Si voleva in tal modo verificare che il costrutto si fosse integrato come pianificato nel nuovo plasmide, e fosse in grado di indurre la sintesi di proteine del peso molecolare atteso. Dai risultati dell'analisi mediante SDS-PAGE si evince come la P5CS1 e la P5CS2 siano espresse in seguito all’induzione e risultino riscontrabili nella frazione corrispondente alle proteine totali; esse non compaiono invece in corrispondenza delle frazioni solubili, suggerendo che la maggior parte di tali enzimi venga confinata all’interno dei corpi di inclusione. Per ovviare a questo inconveniente si potrebbe cambiare vettore di espressione, o cercare di ottimizzare la temperatura a cui l'induzione viene fatta avvenire. Esistono in alternativa protocolli di estrazione delle proteine dai corpi di inclusione, ma molto spesso questo determina la perdita dell’attività enzimatica.

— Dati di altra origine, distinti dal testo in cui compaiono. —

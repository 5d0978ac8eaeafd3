//! Words by chance for each worker of a run.

ghost use Rattle.std.specs.Prelude.{◌≡◌, ◌<◌, ℕ, IfOk, Some, length, slice_get};
ghost use Rattle.rand_chacha.specs.ChaCha.{key_of};
ghost use Rattle.ioa_serving.specs.Streams.{AreStreams};

use ioa_run::Seeded;
use ioa_value::OutOfMemory;
use std::alloc::Global;

/// The words of a key for so many workers: each has the stream of its number, from its start.
pub fn seeded(alloc: Global, key: [u8; 32], workers: usize) -> Result<Vec<Seeded>, OutOfMemory>
    ensures { IfOk result (λ sources. AreStreams key workers sources.items) }
{
    let mut sources = Vec::new(alloc);
    for worker in 0..workers {
        sources.push(Seeded::new(key, worker as u64))?;
    }
    Ok(sources)
}
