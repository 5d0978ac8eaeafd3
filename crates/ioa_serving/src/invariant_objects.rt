//! `replay --log --invariants --json`: whether the states of a log keep the invariants of its source, told in JSON objects.

ghost use Rattle.std.specs.Prelude.{◌≡◌, ◌⊎◌, true, IfOk, IfErr, IfSome, IsErrOf};
ghost use Rattle.std.specs.Option.{option_copied};
ghost use Rattle.ioa_tree.specs.Hosts.{Hosted};
ghost use Rattle.ioa_compose.specs.Held.{composed_of};
ghost use Rattle.ioa_compose.specs.Simulates.{Simulates};
ghost use Rattle.ioa_compile.specs.Subjects.{of_hosts};
ghost use Rattle.ioa_device.specs.Devices.{BothPassUnless, FailsWhere, change};
ghost use Rattle.ioa_device.specs.declared.failure.LogErr.{LogErr};
ghost use Rattle.ioa_device.specs.Failing.{HasFailed};
ghost use Rattle.ioa_inspect.specs.Breaking.{broken_of};
ghost use Rattle.ioa_serving.specs.Failing.{IsInvariantFailure, IsNoLogOf, IsUnwritten};
ghost use Rattle.ioa_serving.specs.Json.{broken_json, verdict_line};
ghost use Rattle.ioa_serving.specs.Logs.{found_of};
ghost use Rattle.ioa_serving.specs.Objects.{BeginsFindingAs, IsFoundTold, IsInvariantReplayAs};

use crate::compile::{compose_text, is_object};
use crate::failure::Failure;
use crate::invariant_replay::Finding;
use crate::json::{broken_members, verdict_object};
use crate::objects::objects_of;
use ioa_compose::Composition;
use ioa_device::{InputDevice, LogErr, OutputDevice, send_all};
use ioa_inspect::{Broken, inspect_log};
use ioa_value::OutOfMemory;
use std::alloc::Global;

/// Replays a log as `replay_invariants_text` does, and writes JSON objects: one with the first invariant that is broken, or else those of the run.
///
/// # Errors
/// Those of `replay_invariants_text`: nothing was written then, or, where a device failed, no more than a beginning of the objects.
pub fn replay_invariants_objects_text<R: InputDevice, W: OutputDevice>(
    alloc: Global,
    text: &[u8],
    composition: Option<&str>,
    input: &mut R,
    output: &mut W,
) -> Result<Finding, Failure>
    ensures replays { IfOk result (λ finding. IfSome (R.remaining input.old) (λ bytes.
        IsInvariantReplayAs true text.now (option_copied composition.entry) bytes (found_of finding) (W.contents output.old) (W.contents output.new))) }
    ensures refused { IfErr result (λ e. IsInvariantFailure text.now (option_copied composition.entry) (R.remaining input.old)
        (HasFailed (R.failure_count input.old) (R.failure_count input.new) ⊎ HasFailed (W.failure_count output.old) (W.failure_count output.new)) e) }
    ensures unwritten { IfErr result (λ e. IsUnwritten (BeginsFindingAs true text.now (option_copied composition.entry) (R.remaining input.old))
        (W.contents output.old) (W.contents output.new) e) }
    ensures devices { BothPassUnless (IsErrOf result (Failure.List LogErr.Io)) (change R.remaining R.failure_count input.old input.new) (change W.contents W.failure_count output.old output.new) }
{
    if is_object(text) {
        return Err(Failure::SourceWanted);
    }
    let composed = compose_text(alloc, text, composition)?;
    let (told, finding) = inspect_objects(alloc, &composed, input)?;
    send_all(output, told.as_slice())?;
    Ok(finding)
}

/// What is found in a log of the run of the hosts that the composition stands for, and the objects that tell it.
fn inspect_objects<R: InputDevice>(
    alloc: Global,
    composition: &Composition,
    input: &mut R,
) -> Result<(Vec<u8>, Finding), LogErr>
    ensures finds { IfOk result (λ told. (h : Hosted) → Simulates h (composed_of composition.now)
        → IfSome (R.remaining input.old) (λ bytes. IsFoundTold h bytes (found_of told.1) told.0.items)) }
    ensures refused { IfErr result (λ e. (h : Hosted) → Simulates h (composed_of composition.now)
        → IfSome (R.remaining input.old) (λ bytes. IsNoLogOf e (of_hosts h) bytes)) }
    ensures devices { FailsWhere (IsErrOf result LogErr.Io) (change R.remaining R.failure_count input.old input.new) }
{
    let inspection = inspect_log(alloc, composition, input)?;
    match inspection.broken {
        Some(broken) => {
            let line = broken_object(alloc, broken)?;
            Ok((line, Finding::Broken(broken)))
        }
        None => {
            let replayed = inspection.replayed;
            let objects = objects_of(alloc, &replayed)?;
            Ok((objects, Finding::Unbroken(replayed.end)))
        }
    }
}

/// A line with an invariant that is broken as an object.
fn broken_object(alloc: Global, broken: Broken) -> Result<Vec<u8>, OutOfMemory>
    ensures { IfOk result (λ line. line.items ≡ verdict_line (broken_json (broken_of broken))) }
{
    let members = broken_members(alloc, broken)?;
    let line = verdict_object(alloc, members.as_str())?;
    let mut bytes = Vec::new(alloc);
    bytes.extend_from_slice(line.as_bytes())?;
    Ok(bytes)
}
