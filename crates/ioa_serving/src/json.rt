//! Answers as JSON objects, an object a line. No text in them has anything that JSON would escape.

ghost use Rattle.std.specs.Prelude.{◌≡◌, IfOk, option_map};
ghost use Rattle.std.specs.String.{string_bytes};
ghost use Rattle.ioa_system.specs.Outcomes.{ending_of};
ghost use Rattle.ioa_inspect.specs.Breaking.{broken_of};
ghost use Rattle.ioa_serving.specs.Json.{answer_json, broken_json, verdict_line};

use ioa_inspect::Broken;
use ioa_system::End;
use ioa_value::OutOfMemory;
use ioa_watch::ending_members;
use std::alloc::{AllocError, Global};
use std::fmt::Write;

/// A line with the answer of a monitor as an object.
pub fn answer_object(alloc: Global, answer: Option<End>) -> Result<String, OutOfMemory>
    ensures { IfOk result (λ text. string_bytes text ≡ verdict_line (answer_json (option_map ending_of answer))) }
{
    match answer {
        None => verdict_object(alloc, "\"ok\""),
        Some(end) => {
            let verdict = ending_members(alloc, end)?;
            verdict_object(alloc, verdict.as_str())
        }
    }
}

/// What accepts all, or why it does not, as members behind the name of a verdict.
pub fn answer_members(alloc: Global, answer: Option<End>) -> Result<String, OutOfMemory>
    ensures { IfOk result (λ text. string_bytes text ≡ answer_json (option_map ending_of answer)) }
{
    match answer {
        None => {
            let text = String::from_str(alloc, "\"ok\"")?;
            Ok(text)
        }
        Some(end) => ending_members(alloc, end),
    }
}

/// That an invariant is broken, as members behind the name of a verdict: with its number, its component, and how many actions are performed before the state that
/// breaks it.
pub fn broken_members(alloc: Global, broken: Broken) -> Result<String, AllocError>
    ensures { IfOk result (λ text. string_bytes text ≡ broken_json (broken_of broken)) }
{
    let Broken {
        state,
        component,
        invariant,
    } = broken;
    format!(in alloc;
        "\"broken\",\"invariant\":{invariant},\"component\":{component},\"count\":{state}"
    )
}

/// A line with a verdict as an object: what stands behind its name.
pub fn verdict_object(alloc: Global, verdict: &str) -> Result<String, OutOfMemory>
    ensures { IfOk result (λ text. string_bytes text ≡ verdict_line verdict.now) }
{
    let mut text = String::new(alloc);
    writeln!(text, "{{\"verdict\":{verdict}}}")?;
    Ok(text)
}
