//! Traces of logs as texts.

ghost use Rattle.std.specs.Prelude.{◌≡◌, ◌≤◌, ◌++◌, ◌∷◌, [], IfOk, OnOk, length, map, if◌then◌else◌};
ghost use Rattle.std.specs.String.{string_bytes};
ghost use Rattle.ioa_value.specs.Actions.{act_of};
ghost use Rattle.ioa_value.specs.Written.{written_action};
ghost use Rattle.ioa_tree.specs.Runs.{is_external};
ghost use Rattle.ioa_compile.specs.Tables.{tabled};
ghost use Rattle.ioa_system.specs.Logs.{logged};
ghost use Rattle.ioa_serving.specs.Traces.{performed, traced_text};

use ioa_compile::Program;
use ioa_log::Trace;
use ioa_system::{Log, LogEnd, is_external};
use ioa_value::{Action, OutOfMemory};
use std::alloc::Global;

/// The external trace of a run that a log tells, one action a line, and then a line with its end.
pub fn trace_text(alloc: Global, program: &Program, log: &Log) -> Result<String, OutOfMemory>
    requires { performed log.now.end ≤ length log.now.entries.items }
    ensures { IfOk result (λ text. string_bytes text ≡ traced_text program.now (logged log.now) (performed log.now.end)) }
{
    let mut trace = Trace::new(alloc);
    for entry in &log.entries[..performed(log.end)] {
        push_external(&mut trace, program, &entry.action)?;
    }
    let end = log.end.end();
    trace.end(end)
}

/// How many actions of a log that ends so are performed.
fn performed(end: LogEnd) -> usize
    ensures { result ≡ performed end }
{
    match end {
        LogEnd::Done(count) => count,
        LogEnd::Fault(_, _, index) => index,
    }
}

/// Puts the action at the trace's end, where it is external.
fn push_external(trace: &mut Trace, program: &Program, action: &Action) -> Result<(), OutOfMemory>
    ensures { OnOk result (trace.new ≡ trace.old
        ++ (if is_external program.now.hidden (tabled program.now) (act_of action.now) then written_action program.now.types (act_of action.now) ++ 10 ∷ [] else [])) }
{
    if is_external(program, action) {
        trace.push(program.types(), action)?;
    }
    Ok(())
}
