//! What a run is given, from files: the program and its source, the words of its workers, its script, and the log from which it goes on.

ghost use Rattle.std.specs.Prelude.{◌≡◌, IfOk, IfErr};
ghost use Rattle.ioa_compile.specs.Subjects.{RunsAs, Subject};
ghost use Rattle.ioa_coverage.specs.Covered.{IsOriginOf};
ghost use Rattle.ioa_serving.specs.Alone.{IsUnrun, MayGive};
ghost use Rattle.ioa_serving.specs.HasRun.{HasReady};

use crate::failure::Failure;
use crate::run_log::load_log;
use crate::script::load_script;
use crate::sourced::{Sourced, sourced_of};
use crate::store::Store;
use crate::word_sources::{WordSources, load_words};
use ioa_compile::Program;
use ioa_coverage::Origin;
use ioa_log::Log;
use ioa_request::Settings;
use ioa_value::Action;
use std::alloc::Global;

/// All that is read for a run.
#[derive(Drop)]
pub struct Ready {
    pub program: Program,
    /// The source that declares what is run; of an object none.
    pub source: Option<Origin>,
    pub words: WordSources,
    pub script: Vec<Action>,
    /// The log from which the run goes on; without a file, that of nothing.
    pub log: Log,
}

/// Reads what a run is given. Nothing is run.
///
/// # Errors
/// `Io` where a file is not read; `Refused` where the source or its composition is, `Object` where the object is; `BadWords` where a line of
/// the file of words is no list of words; `List` where a line of the script is no action; `RunLog` where the file to go on from is no log; or
/// want of memory.
pub fn load_run<F: Store>(
    alloc: Global,
    settings: &Settings<'_>,
    store: &F,
) -> Result<Ready, Failure>
    ensures ready { IfOk result (λ r. HasReady (F.holds store.now) settings.now r) }
    ensures refused { IfErr result (λ e. IsUnrun (F.holds store.now) (F.lacks store.now) settings.now e) }
{
    let text = store.load(alloc, settings.file)?;
    let sourced = sourced_of(alloc, text.as_slice(), settings.composition)?;
    ready_with(alloc, settings, sourced, store)
}

/// Reads what a run of this program is given besides.
///
/// # Errors
/// As those of `load_run` behind the program.
pub fn ready_with<F: Store>(
    alloc: Global,
    settings: &Settings<'_>,
    sourced: Sourced,
    store: &F,
) -> Result<Ready, Failure>
    ensures ready { IfOk result (λ r. (x : Subject) → MayGive (F.holds store.now) settings.now x → RunsAs sourced.program x → IsOriginOf sourced.source x
        → (k : HasReady (F.holds store.now) settings.now r) × (k.subject ≡ x)) }
    ensures refused { IfErr result (λ e. (x : Subject) → MayGive (F.holds store.now) settings.now x → RunsAs sourced.program x
        → IsUnrun (F.holds store.now) (F.lacks store.now) settings.now e) }
{
    let Sourced { program, source } = sourced;
    let components = program.members().len();
    let words = load_words(alloc, settings.words, components, store)?;
    let script = load_script(alloc, program.types(), settings.inputs, store)?;
    let log = load_log(alloc, program.types(), settings.resume, store)?;
    Ok(Ready {
        program,
        source,
        words,
        script,
        log,
    })
}
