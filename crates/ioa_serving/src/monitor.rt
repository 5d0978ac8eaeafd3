//! `monitor`: whether a specification accepts what a log tells.

ghost use Rattle.std.specs.Prelude.{◌≡◌, ◌⊎◌, false, IfOk, IfErr, IfSome, IsErrOf, map, option_map};
ghost use Rattle.std.specs.Option.{option_copied};
ghost use Rattle.std.specs.String.{string_bytes};
ghost use Rattle.ioa_value.specs.Actions.{act_of};
ghost use Rattle.ioa_system.specs.Outcomes.{ending_of};
ghost use Rattle.ioa_system.specs.Logs.{logged};
ghost use Rattle.ioa_device.specs.Devices.{BothPassUnless, change};
ghost use Rattle.ioa_device.specs.declared.failure.LogErr.{LogErr};
ghost use Rattle.ioa_device.specs.Failing.{HasFailed};
ghost use Rattle.ioa_serving.specs.Failing.{BeginsMonitorOf, IsMonitorFailure, IsUnwritten};
ghost use Rattle.ioa_serving.specs.Headline.{IsMonitoring};
ghost use Rattle.ioa_serving.specs.Logs as logs;
ghost use Rattle.ioa_serving.specs.Logs.{answer_line};

use crate::compile::program_of;
use crate::failure::Failure;
use crate::json::answer_object;
use ioa_account::actions_in;
use ioa_device::{InputDevice, OutputDevice, send_all};
use ioa_inspect::monitor_log;
use ioa_monitor::hides_actions;
use ioa_system::{End, Log, LogEnd};
use ioa_value::{Action, OutOfMemory};
use std::alloc::Global;
use std::fmt::Write;

/// Monitors a log by a composition of a source, or by an object, given the bytes of both: writes, as a JSON object or not, whether the composition accepts the actions that the log
/// tells to be performed, and answers why not. The log is read line by line.
///
/// # Errors
/// As those of a replay of a log, but whose run the log is does not matter; and `SpecHasInternal` where not all that the composition
/// does is seen. That is found before the log is read.
pub fn monitor_text<R: InputDevice, W: OutputDevice>(
    alloc: Global,
    text: &[u8],
    composition: Option<&str>,
    json: bool,
    input: &mut R,
    output: &mut W,
) -> Result<Option<End>, Failure>
    ensures monitors { IfOk result (λ answer. IfSome (R.remaining input.old) (λ bytes.
        IsMonitoring json text.now (option_copied composition.entry) bytes (option_map ending_of answer) (W.contents output.old) (W.contents output.new))) }
    ensures refused { IfErr result (λ e. IsMonitorFailure text.now (option_copied composition.entry) (R.remaining input.old)
        (HasFailed (R.failure_count input.old) (R.failure_count input.new) ⊎ HasFailed (W.failure_count output.old) (W.failure_count output.new)) e) }
    ensures unwritten { IfErr result (λ e. IsUnwritten (BeginsMonitorOf json text.now (option_copied composition.entry) (R.remaining input.old))
        (W.contents output.old) (W.contents output.new) e) }
    ensures devices { BothPassUnless (IsErrOf result (Failure.List LogErr.Io)) (change R.remaining R.failure_count input.old input.new) (change W.contents W.failure_count output.old output.new) }
{
    let program = program_of(alloc, text, composition)?;
    if hides_actions(&program) {
        return Err(Failure::SpecHasInternal);
    }
    let answer = monitor_log(alloc, &program, input)?;
    let line = answer_text(alloc, json, answer)?;
    send_all(output, line.as_bytes())?;
    Ok(answer)
}

/// The actions that a log tells to be performed: the last one of a log that ends by a fault is not.
pub fn performed_in(alloc: Global, log: Log) -> Result<Vec<Action>, OutOfMemory>
    ensures { IfOk result (λ actions. map act_of actions.items ≡ logs.performed_in (logged log)) }
{
    let mut actions = actions_in(alloc, log.entries)?;
    match log.end {
        LogEnd::Done(_) => {}
        LogEnd::Fault(_, _, _) => {
            actions.pop();
        }
    }
    Ok(actions)
}

/// A line with the answer of a monitor, as a JSON object or not.
fn answer_text(alloc: Global, json: bool, answer: Option<End>) -> Result<String, OutOfMemory>
    ensures { IfOk result (λ text. string_bytes text ≡ answer_line json (option_map ending_of answer)) }
{
    if json {
        return answer_object(alloc, answer);
    }
    answer_words(alloc, answer)
}

/// A line with the answer of a monitor in words.
fn answer_words(alloc: Global, answer: Option<End>) -> Result<String, OutOfMemory>
    ensures { IfOk result (λ text. string_bytes text ≡ answer_line false (option_map ending_of answer)) }
{
    let mut text = String::new(alloc);
    match answer {
        None => writeln!(text, "monitor: ok")?,
        Some(end) => writeln!(text, "monitor: {end}")?,
    }
    Ok(text)
}
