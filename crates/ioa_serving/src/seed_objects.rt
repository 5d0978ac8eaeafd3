//! The lines in which runs by many seeds are told as JSON objects. No text in them has anything that JSON would escape.

ghost use Rattle.std.specs.Prelude.{◌≡◌, ◌++◌, ◌+◌, ◌<◌, ◌^◌, IfOk, OnOk, Some, codes, length, map, option_map};
ghost use Rattle.std.specs.List.{join_by, zip};
ghost use Rattle.std.specs.String.{string_bytes};
ghost use Rattle.ioa_system.specs.Outcomes.{ending_of};
ghost use Rattle.ioa_request.specs.Pasted.{texts};
ghost use Rattle.ioa_inspect.specs.Breaking.{broken_of};
ghost use Rattle.ioa_serving.specs.SeedRuns.{judged_of};
ghost use Rattle.ioa_serving.specs.Rows as rows;
ghost use Rattle.ioa_serving.specs.Seeds as spec;
ghost use Rattle.ioa_serving.specs.Seeds.{broken_count, inspected_json, refusals_object, verdict_object};

use crate::json::{answer_members, broken_members};
use crate::judged::JudgedRun;
use crate::seed_counts::Counts;
use ioa_inspect::Broken;
use ioa_request::numbered_digits;
use ioa_system::End;
use ioa_value::OutOfMemory;
use ioa_watch::ending_members;
use std::alloc::{AllocError, Global};
use std::fmt::Write;

/// The object of the run by the seed of this number, with the answers of the specifications of these names, and the invariant that is broken.
pub fn seed_object(
    alloc: Global,
    names: &[&str],
    number: u64,
    judged: &JudgedRun,
) -> Result<String, OutOfMemory>
    requires { length judged.now.answers.items ≡ length names.now }
    ensures { IfOk result (λ text. string_bytes text ≡ spec.seed_object (texts names.now) number (judged_of judged.now)) }
{
    let digits = numbered_digits(alloc, number)?;
    let end = ending_members(alloc, judged.log.end.end())?;
    let verdicts = verdicts_text(alloc, names, &judged.answers)?;
    let inspected = inspected_text(alloc, judged.inspected)?;
    let mut text = String::new(alloc);
    writeln!(
        text,
        "{{\"seed\":\"{digits}\",\"end\":{end},\"verdicts\":[{verdicts}]{inspected}}}"
    )?;
    Ok(text)
}

/// What the specifications of these names answer, in a row.
fn verdicts_text(
    alloc: Global,
    names: &[&str],
    answers: &[Option<End>],
) -> Result<String, OutOfMemory>
    requires { length answers.now ≡ length names.now }
    ensures { IfOk result (λ text. string_bytes text ≡ join_by verdict_object (codes ",") (zip (texts names.now) (map (option_map ending_of) answers.now))) }
{
    let mut text = String::new(alloc);
    for place in 0..names.len() {
        push_verdict(alloc, &mut text, place, names[place], answers[place])?;
    }
    Ok(text)
}

/// Puts what the specification of this name answers, in this place of the row.
fn push_verdict(
    alloc: Global,
    text: &mut String,
    place: usize,
    name: &str,
    answer: Option<End>,
) -> Result<(), OutOfMemory>
    ensures { OnOk result (string_bytes text.new ≡ string_bytes text.old ++ (rows.comma_at place ++ verdict_object (name.now, option_map ending_of answer))) }
{
    let comma = comma_at(place);
    let verdict = answer_members(alloc, answer)?;
    write!(
        text,
        "{comma}{{\"specification\":\"{name}\",\"verdict\":{verdict}}}"
    )?;
    Ok(())
}

/// What parts an object in this place of a row from those before it.
fn comma_at(place: usize) -> &'static str
    ensures { result.now ≡ rows.comma_at place }
{
    if place == 0 { "" } else { "," }
}

/// The invariant that is broken, or that none is; nothing where none is asked for.
fn inspected_text(alloc: Global, inspected: Option<Option<Broken>>) -> Result<String, AllocError>
    ensures { IfOk result (λ text. string_bytes text ≡ inspected_json (option_map (option_map broken_of) inspected)) }
{
    match inspected {
        None => Ok(String::new(alloc)),
        Some(None) => String::from_str(alloc, ",\"invariants\":{\"verdict\":\"ok\"}"),
        Some(Some(broken)) => broken_text(alloc, broken),
    }
}

/// The invariant that is broken.
fn broken_text(alloc: Global, broken: Broken) -> Result<String, AllocError>
    ensures { IfOk result (λ text. string_bytes text ≡ inspected_json (Some (Some (broken_of broken)))) }
{
    let members = broken_members(alloc, broken)?;
    format!(in alloc; ",\"invariants\":{{\"verdict\":{members}}}")
}

/// The object with the counts, for specifications of these names, and with that of broken invariants, where these are asked for.
pub fn counts_object(
    alloc: Global,
    names: &[&str],
    invariants: bool,
    counts: &Counts,
) -> Result<String, OutOfMemory>
    requires sums { counts.now.done + counts.now.fault < 2 ^ 128 }
    requires counted { length counts.now.refusals.items ≡ length names.now }
    ensures { IfOk result (λ text. string_bytes text ≡ spec.counts_object (texts names.now) invariants counts.now.done counts.now.fault counts.now.refusals.items counts.now.broken) }
{
    let refusals = refusals_text(alloc, names, &counts.refusals)?;
    let broken = broken_count_text(alloc, invariants, counts.broken)?;
    let seeds = counts.done + counts.fault;
    let done = counts.done;
    let fault = counts.fault;
    let mut text = String::new(alloc);
    writeln!(
        text,
        "{{\"seeds\":{seeds},\"done\":{done},\"fault\":{fault},\"verdicts\":[{refusals}]{broken}}}"
    )?;
    Ok(text)
}

/// How many runs break an invariant, where these are asked for.
fn broken_count_text(alloc: Global, asked: bool, count: u128) -> Result<String, AllocError>
    ensures { IfOk result (λ text. string_bytes text ≡ broken_count asked count) }
{
    if asked {
        format!(in alloc; ",\"invariants\":{{\"broken\":{count}}}")
    } else {
        Ok(String::new(alloc))
    }
}

/// How many runs the specifications of these names do not accept, in a row.
fn refusals_text(alloc: Global, names: &[&str], counts: &[u128]) -> Result<String, AllocError>
    requires { length counts.now ≡ length names.now }
    ensures { IfOk result (λ text. string_bytes text ≡ join_by refusals_object (codes ",") (zip (texts names.now) counts.now)) }
{
    let mut text = String::new(alloc);
    for place in 0..names.len() {
        push_refusals(&mut text, place, names[place], counts[place])?;
    }
    Ok(text)
}

/// Puts how many runs the specification of this name does not accept, in this place of the row.
fn push_refusals(text: &mut String, place: usize, name: &str, count: u128) -> Result<(), AllocError>
    ensures { OnOk result (string_bytes text.new ≡ string_bytes text.old ++ (rows.comma_at place ++ refusals_object (name.now, count))) }
{
    let comma = comma_at(place);
    write!(
        text,
        "{comma}{{\"specification\":\"{name}\",\"not accepted\":{count}}}"
    )?;
    Ok(())
}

Per quanto riguarda la P5CR, si osserva la comparsa di una banda prominente delle dimensioni attese sia nella frazione insolubile che in quella solubile. Evidentemente il suo accumulo non interferisce con il metabolismo delle cellule batteriche, che lasciano in forma libera quantità molto elevate dell'enzima vegetale. Il particolare successo della sua induzione potrebbe però essere dovuto anche alle sue piccole dimensioni rispetto a P5CS1 e 2.

L’SDS-PAGE eseguito per analizzare l’induzione della P5CDH ha invece evidenziato l’accumulo della proteina nella frazione insolubile, sia per la versione troncata che per quella intera della proteina. In corrispondenza del peso molecolare atteso, l'analisi densitometrica sembra indicare che nella frazione solubile della P5CDH troncata sia presente più proteina rispetto a quello che avviene per la versione intera. L'intensità della banda è però ai limiti della sensibilità del metodo, e la sua presenza dovrebbe essere verificata in modo più certo. Per la PRODH, infine, è stata esaminata solo la componente insolubile, poiché si tratta di un enzima associato alle membrane mitocondriali, e quindi ci si attende che anche in E. coli non sia presente in forma solubile. Anche in questo caso, almeno per la forma intera, la banda attribuibile alla proteina vegetale è molto flebile, e la sua effettiva produzione andrebbe verificata attraverso la sua purificazione o mediante un saggio di attività.